• **Task prompt**: For each line of the data below that holds "again", copy the line.
+++ Data
//! The group gate: a gate at which callers submit events together, so that those of one piece of a line share one pair of syncs. It is a
//! gate of `line_gate` whose name says so.
#![tactic(auto)]

mod at_group;
mod gate;

pub use at_group::AtGroup;
pub use gate::{GroupBlank, GroupGate, GroupPass};
pub use line_gate::{GateRefused, GroupClosed};
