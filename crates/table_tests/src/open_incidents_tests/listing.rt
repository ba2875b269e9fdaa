// What no clause says: that memory for a list is found; and the order of a list, worked out by hand.
use crate::incidents_tests::open;
use crate::same::same;
use arc_data::{Class, Listing};
use incidents::Table;
use open_incidents::Reply;
use open_incidents::listing::list;
use std::alloc::Global;
use std::process::Abort;

const CLASSES: [Class; 4] = [Class::Trouble, Class::Fire, Class::Burglary, Class::Tamper];

// The numbers of the first 16 of 18 incidents, whose classes follow each other as above.
const FIRST: [u64; 16] = [2, 6, 10, 14, 18, 3, 7, 11, 15, 4, 8, 12, 16, 1, 5, 9];

fn eighteen(rt: &impl Abort, alloc: Global) -> Table {
    let mut table = Table::new(alloc);
    for k in 0..18u8 {
        let class = CLASSES[(k % 4) as usize];
        open(rt, &mut table, &[b'A' + k], class, 100);
    }
    table
}

// The list of the open incidents, which tells how many there are, and has so many rows.
fn listed(rt: &impl Abort, alloc: Global, table: &Table, total: u64, count: usize) -> Listing {
    let reply = list(alloc, table, 100, None).expect(rt, "memory");
    let Reply::Listed(listing) = reply else {
        panic!(rt; "no list");
    };
    same(rt, listing.total, total, "incidents");
    same(rt, listing.count(), count, "rows");
    listing
}

fn compare_row(rt: &impl Abort, listing: &Listing, place: usize, number: u64) {
    assert!(rt; place < listing.count());
    same(
        rt,
        (place, listing.row(place).number),
        (place, number),
        "a row",
    );
}

fn compare_rows(rt: &impl Abort, listing: &Listing) {
    for (place, number) in FIRST.iter().enumerate() {
        compare_row(rt, listing, place, *number);
    }
}

#[test]
fn the_first_sixteen_and_none(rt: HostRuntime) {
    let table = eighteen(&rt, rt.alloc());
    let listing = listed(&rt, rt.alloc(), &table, 18, 16);
    compare_rows(&rt, &listing);
    let none = Table::new(rt.alloc());
    let _empty = listed(&rt, rt.alloc(), &none, 0, 0);
}
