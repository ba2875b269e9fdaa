// How a store is opened: the recorded events are read and taken in again, one after another. What was recorded in the first version is then
// written in the second.
ghost use Rattle.std.specs.Prelude.{◌≡◌, ◌⊎◌, ◌≤◌, ◌<◌, ◌↔◌, ◌+◌, ◌^◌, ◌++◌, [], ◌∷◌, ℕ, List, Option, true, false, length, take, drop, OnOk, IfOk, IfErr, IfSome, IfNone, IsTrue};
ghost use Rattle.arc_io.specs.Areas.{Areas};
ghost use Rattle.arc_io.specs.Crashes.{Becomes, IsQuiet, LeavesOnly};
ghost use Rattle.centre_rules.specs.Answers.{IsNext};
ghost use Rattle.centre_rules.specs.Summary.{Summary};
ghost use Rattle.centre_rules.specs.History.{Entry, is_recorded};
ghost use Rattle.centre_rules.specs.State.{StandsFor, entry_of};
ghost use Rattle.disk_journal.specs.Faults.{IsOfContent, HasCounts};
ghost use Rattle.disk_journal.specs.Journal.{Works, Holds, IsOpen};
ghost use Rattle.disk_journal.specs.OtherArea.{IsSameIn, SparesOther};
ghost use Rattle.disk_journal.specs.Records.{size, front as bytes_before};
ghost use Rattle.disk_journal.specs.Standing.{all_of, chosen_part, version_now, GoesOn as StandsOn};
ghost use Rattle.disk_journal.specs.Turning.{Changes};
ghost use Rattle.event_codec.specs.Spelling.{IsVersion, HasSpellingIn, spelling_in};
ghost use Rattle.centre_store.specs.Bodies.{body_in};
ghost use Rattle.centre_store.specs.Given.{GoesOn, HoldsRecorded, written_length};
ghost use Rattle.centre_store.specs.Pasts.{IsPast, HasNoNext, IsReplayed};
ghost use Rattle.centre_store.specs.Openings.{IsOpened, CanOpen, IsMoved, IsChosenSame, IsRefused, IsRestored, StandsForMove, IsUnmoved, IsOfReplay, IsOfBodies, disk_of};
ghost use Rattle.centre_store.specs.Stores.{IsNextKept};
ghost use Rattle.centre_store.specs.Writes.{HaveAllIn, HaveSomeIn, IsSummedUp};

use crate::store::Store;
use arc_data::Memory;
use arc_io::Disk;
use centre_core::{Centre, Ready, decode_summary};
use disk_journal::{AppendFault, Bodies, Journal, Limits, OpenFault, OpenRefused};
use event_codec::decode;
use std::alloc::Global;

// The most bytes that the body of a summary may have.
const MOST: u64 = 4_294_967_295;

impl<D: Disk> Store<D> {
    /// Opens the journal of both areas (at most `limits.bytes` bytes in an area, below 2^32, and `limits.records` records behind its
    /// summary), and takes its events in again, over the summary where it has one. An area of at most 17 bytes is a new one. What another
    /// one of the first version has is summed up in the second version in the other area, which counts from then on; no limit is looked at
    /// for it. Damaged comes, besides the journal's own cases, where a first body that begins as that of a summary spells none, or another
    /// one is no spelling of an event, or its event would be quiet after those before it, or its moment is less than the one before; its
    /// place is that of the first such body's gate. TooWide comes where that summary would have more than 4,294,967,295 bytes. The other
    /// faults are the journal's.
    pub fn open(alloc: Global, disk: D, limits: Limits) -> Result<Store<D>, OpenRefused<D>>
        requires few { limits.bytes < 2 ^ 32 }

        ensures opened { IfOk result (λ s. IsOpened D.seen disk s) }
        ensures at_open { IfOk result (λ s. s.at_open ≡ (D.seen s.journal.disk).faults) }
        ensures limits { IfOk result (λ s. s.journal.limits ≡ limits) }

        ensures shown { IfErr result (λ r. IfSome (D.seen disk).told (IsRefused r.fault)) }
        ensures counts { IfErr result (λ r. HasCounts r.fault (D.seen disk).faults (D.seen r.disk).faults) }

        // A crash at any moment of the call leaves what stands for each list that an image at its start stood for, and so do reads.
        ensures any_moment { LeavesOnly (D.seen disk) (D.seen (disk_of result))
            (λ c. (d : Areas) × (D.seen disk).may_leave d × GoesOn d c) }
        ensures told { Becomes (D.seen disk).told (D.seen (disk_of result)).told GoesOn }

        // The areas that had the first version have it no more, and the one that counted keeps all its bytes. Else the other one does.
        ensures moved { IfOk result (λ s. IfSome (D.seen disk).told (IsMoved s.journal)) }
        ensures kept { IfSome (D.seen disk).told (λ s. version_now s ≡ 1 → Changes IsChosenSame (D.seen disk) (D.seen (disk_of result))) }
        ensures spared { IfSome (D.seen disk).told (λ s. version_now s ≡ 2 → SparesOther (D.seen disk) (D.seen (disk_of result))) }

        // Where the areas' bytes are refused, nothing was written. Nor is anything written over more than 17 bytes, whatever they are and
        // whatever is answered, but for those of the first version that can be opened; over fewer, all that stood there stands.
        ensures unwritten { IfErr result (λ r. IsOfContent r.fault → IsQuiet (D.seen disk) (D.seen r.disk)) }
        ensures long { IfSome (D.seen disk).told (λ s. 17 < length (chosen_part s)
            → IsQuiet (D.seen disk) (D.seen (disk_of result)) ⊎ ((version_now s ≡ 1) × CanOpen s)) }
        ensures fresh { IfSome (D.seen disk).told (λ s. length (chosen_part s) ≤ 17
            → Changes StandsOn (D.seen disk) (D.seen (disk_of result))) }
        ensures later { (D.seen disk).faults ≤ (D.seen (disk_of result)).faults }

        // An opening that answers Ok met no fault.
        ensures met_none { IfOk result (λ s. (D.seen s.journal.disk).faults ≡ (D.seen disk).faults) }
    {
        let (journal, bodies) = Journal::open(alloc, disk, limits)?;
        let mut journal = journal;
        match restore(alloc, &mut journal, &bodies) {
            Ok(centre) => {
                let at_open = journal.disk().faults();
                Ok(Store {
                    centre,
                    journal,
                    at_open,
                    body: Vec::new(alloc),
                })
            }
            Err(fault) => Err(OpenRefused {
                fault,
                disk: journal.close(),
            }),
        }
    }
}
++++++
• **Answer for this exercise**:
// How a store is opened: the recorded events are read and taken in again, one after another. What was recorded in the first version is then
    /// summary), and takes its events in again, over the summary where it has one. An area of at most 17 bytes is a new one. What another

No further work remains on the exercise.